From a Papuan tribal ministry context, I highly suggest studying Johnson’s interaction with the people-group concept and the phrase panta ta ethne (all the nations) contained in the Great Commission (pages 121-126). Are we to prioritize reaching merely the maximum number of individuals with the Gospel, or is there also a warrant for reaching the maximum number of peoples (note the plural) with the Gospel, such that we desire to plant a beachhead of Truth across every geographical and ethno-linguistic boundary where Christ is not known? Read the book and decide for yourself.


This is a book well worth its price ($ 14.39 at the William Carey Library, William Carey Library), and well worth the cost of gifting this volume to your key supporting pastors.

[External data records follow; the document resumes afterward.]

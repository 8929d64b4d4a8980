// Stripe sets that keep their rules, where their offsets lie, and which sectors their areas own.
ghost use Rattle.std.specs.Prelude.{◌≡◌, ℕ, ◌+◌, ◌^◌, ◌<◌, ◌≤◌, if◌then◌else◌, length, Some, None, ◌↔◌, IsTrue, MatchOption, nat_lt};
ghost use Rattle.roster.specs.Rosters.{column_at, span, size_of, area_on, SetClear, Shaped, SoundDevices};
ghost use Rattle.roster.specs.Additions.{Apart, FitsDevices, OwnApart};
ghost use Rattle.roster.specs.Places.{column_of, row_of, Bounded, Roomy, SizedBy, stripe_place};

use crate::area::Area;
use crate::entry::{Column, Entries, SetEntry};
use crate::place::Place;
use table::normal::LIMIT;

impl SetEntry {
    // Whether columns, chunk and rows are in range.
    fn is_shaped(&self) -> bool
        ensures { IsTrue result ↔ Shaped self.now }
    {
        (2..=8).contains(&self.width) && (8..=65536).contains(&self.chunk) && self.rows >= 1
    }

    // Whether an area that begins at a sector ends within a size.
    fn fits(&self, base: u64, size: u64) -> bool
        ensures { IsTrue result ↔ (base + span self.now ≤ size) }
    {
        let Some(span) = self.chunk.checked_mul(self.rows) else {
            return false;
        };
        base.checked_add(span).is_some_and(|end| end <= size)
    }

    // Whether every area lies inside a device of the size given for it.
    fn is_roomy(&self, sizes: &[u64; 8]) -> bool
        requires { Shaped self.now }
        ensures { IsTrue result ↔ Roomy self.now sizes.now }
    {
        for (j, column) in self.counted().iter().enumerate() {
            let size = sizes[j];
            if size > LIMIT || !self.fits(column.base, size) {
                return false;
            }
        }
        true
    }
}

// A stripe set: its numbers, and the size of the device in which each column's area lies.
// The sizes stand beside the numbers, and not in their columns, since the numbers are an entry that was copied whole.
#[derive(Drop)]
pub struct StripeSet {
    numbers: SetEntry,
    sizes: [u64; 8],
    ghost shaped: { Shaped numbers },
    ghost roomy: { Roomy numbers sizes },
}

impl StripeSet {
    // The stripe set with these numbers, if they keep the rules.
    fn new(numbers: SetEntry, sizes: [u64; 8]) -> Option<StripeSet>
        ensures { MatchOption result (Shaped numbers × Roomy numbers sizes → ⊥) (λ s. (s.numbers ≡ numbers) × (s.sizes ≡ sizes)) }
    {
        if !numbers.is_shaped() || !numbers.is_roomy(&sizes) {
            return None;
        }
        Some(StripeSet { numbers, sizes })
    }

    // The set without the sizes, which are needed only to judge it.
    pub(crate) fn stripe(&self) -> Stripe<'_>
        ensures { result.numbers.now ≡ self.now.numbers }
    {
        Stripe {
            numbers: &self.numbers,
        }
    }

    // How many sectors the set has.
    pub(crate) fn size(&self) -> u64
        ensures { result ≡ size_of self.now.numbers }
    {
        self.stripe().size()
    }

    // Where an offset lies, if the set has it.
    pub fn place(&self, offset: u64) -> Option<Place>
        ensures { result ≡ (if nat_lt offset (size_of self.now.numbers) then Some (stripe_place self.now.numbers offset) else None) }
    {
        self.stripe().place(offset)
    }
}

impl Entries {
    // The size of each column's device.
    fn column_sizes(&self, numbers: &SetEntry) -> [u64; 8]
        requires few { numbers.now.width ≤ 8 }
        requires listed { (j : ℕ) → j < numbers.now.width → (column_at numbers.now j).device < length self.now.devices.items }
        ensures { SizedBy self.now numbers.now result }
    {
        let mut sizes = [0; 8];
        for (j, column) in numbers.counted().iter().enumerate() {
            sizes[j] = self.devices[usize::from(column.device)].size;
        }
        sizes
    }

    // The stripe set with these numbers, if they keep the rules on the listed devices that the columns name.
    pub(crate) fn judged(&self, numbers: SetEntry) -> Option<StripeSet>
        requires sound { SoundDevices self.now }
        requires few { numbers.width ≤ 8 }
        requires listed { (j : ℕ) → j < numbers.width → (column_at numbers j).device < length self.now.devices.items }
        ensures { MatchOption result (Shaped numbers × FitsDevices self.now numbers → ⊥) (λ s. (s.numbers ≡ numbers) × SizedBy self.now numbers s.sizes) }
    {
        let sizes = self.column_sizes(&numbers);
        StripeSet::new(numbers, sizes)
    }
}

// A set whose numbers are in range, and whose areas are within the limit.
#[derive(Drop)]
pub(crate) struct Stripe<'a> {
    pub(crate) numbers: &'a SetEntry,
    ghost shaped: { Shaped numbers.now },
    ghost bounded: { Bounded numbers.now },
}

impl Stripe<'_> {
    // How many sectors the set has.
    fn size(&self) -> u64
        ensures { result ≡ size_of self.now.numbers.now }
    {
        self.numbers.width as u64 * (self.numbers.chunk * self.numbers.rows)
    }

    // The column and the row that hold an offset.
    fn cell(&self, offset: u64) -> (u64, u64)
        ensures column { result.0 ≡ column_of self.now.numbers.now offset }
        ensures row { result.1 ≡ row_of self.now.numbers.now offset }
    {
        let chunk = offset / self.numbers.chunk;
        let width = self.numbers.width as u64;
        (chunk % width, chunk / width)
    }

    // Where an offset lies, if the set has it.
    pub(crate) fn place(&self, offset: u64) -> Option<Place>
        ensures { result ≡ (if nat_lt offset (size_of self.now.numbers.now) then Some (stripe_place self.now.numbers.now offset) else None) }
    {
        if offset >= self.size() {
            return None;
        }
        let chunk = self.numbers.chunk;
        let (index, row) = self.cell(offset);
        let column = self.numbers.columns[index as usize];
        Some(Place::At {
            device: column.device,
            sector: column.base + (row * chunk + offset % chunk),
        })
    }

    // The area that a column owns.
    fn area(&self, column: Column) -> Area
        requires { column.base + span self.now.numbers.now ≤ 2 ^ 40 }
        ensures { result ≡ area_on self.now.numbers.now column }
    {
        Area {
            device: column.device,
            from: column.base,
            to: column.base + self.numbers.chunk * self.numbers.rows,
        }
    }

    // Whether no area shares a sector with a run.
    pub(crate) fn is_clear(&self, run: Area) -> bool
        ensures { IsTrue result ↔ SetClear self.now.numbers.now run }
    {
        for column in self.numbers.counted() {
            if self.area(*column).meets(run) {
                return false;
            }
        }
        true
    }

    // Whether no area shares a sector with an area of the other set.
    pub(crate) fn is_apart(&self, other: &Stripe<'_>) -> bool
        ensures { IsTrue result ↔ Apart self.now.numbers.now other.now.numbers.now }
    {
        for column in self.numbers.counted() {
            if !other.is_clear(self.area(*column)) {
                return false;
            }
        }
        true
    }

    // Whether no two areas share a sector.
    pub(crate) fn is_apart_within(&self) -> bool
        ensures { IsTrue result ↔ OwnApart self.now.numbers.now }
    {
        let columns = self.numbers.counted();
        for (k, column) in columns.iter().enumerate() {
            let area = self.area(*column);
            for earlier in &columns[..k] {
                if self.area(*earlier).meets(area) {
                    return false;
                }
            }
        }
        true
    }
}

http://www.missionbooks.org/williamcareylibrary/product.php?productid=643&cat=0&page=1

Reviewed by the Perginator


----------



## Curt (Jan 24, 2010)

While many US churches are advocating becoming more “missional” those churches most closely aligning themselves with this newly coined adjective are often the last to send workers overseas to the least-reached, instead, preferring local missions and – in consequence – failing to have anything but a local mindset, enslaved to the winds of culture.​
That is a great understanding of the enslavement of the evangelical/emergent/emerging predicament.


----------



## MW (Jan 24, 2010)

Pergamum said:


> While many opportunities exist for Western pastors to play roles in established Third World Churches, we must be careful not to fall into the trap of viewing missions through the lens of Western-led pastoral ministry, white Anglo pastors pastoring brown Third World Churches. We must strive always to be passing the baton, in the manner of II Timothy 2:2, to faithful local men in a replicational, multiplicational way – making disciples that can make disciples, reaching the lost to reach the lost..


 
I don't disagree, but we should make sure "third world" churches aren't being trained to become "third world" Christians in terms of an impoverished doctrinal and practical education.


----------



## Pergamum (Jan 24, 2010)

armourbearer said:


> Pergamum said:
> 
> 
> > While many opportunities exist for Western pastors to play roles in established Third World Churches, we must be careful not to fall into the trap of viewing missions through the lens of Western-led pastoral ministry, white Anglo pastors pastoring brown Third World Churches. We must strive always to be passing the baton, in the manner of II Timothy 2:2, to faithful local men in a replicational, multiplicational way – making disciples that can make disciples, reaching the lost to reach the lost..
> ...


 
Yes, I totally agree. We must build strong foundations. The Great Commission is not merely to proclaim the Gospel, nor does it concern initial evangelism only, but the Great Commission involves a deep discipleship that includes the "all things" of Matthew 28, the whatsoever that Jesus commands....deep and intensive discipleship. Premature disengagement, or failure to lay solid doctrinal foundations creates Third World (and American-style) churches that are a mile wide and only an inch deep.


----------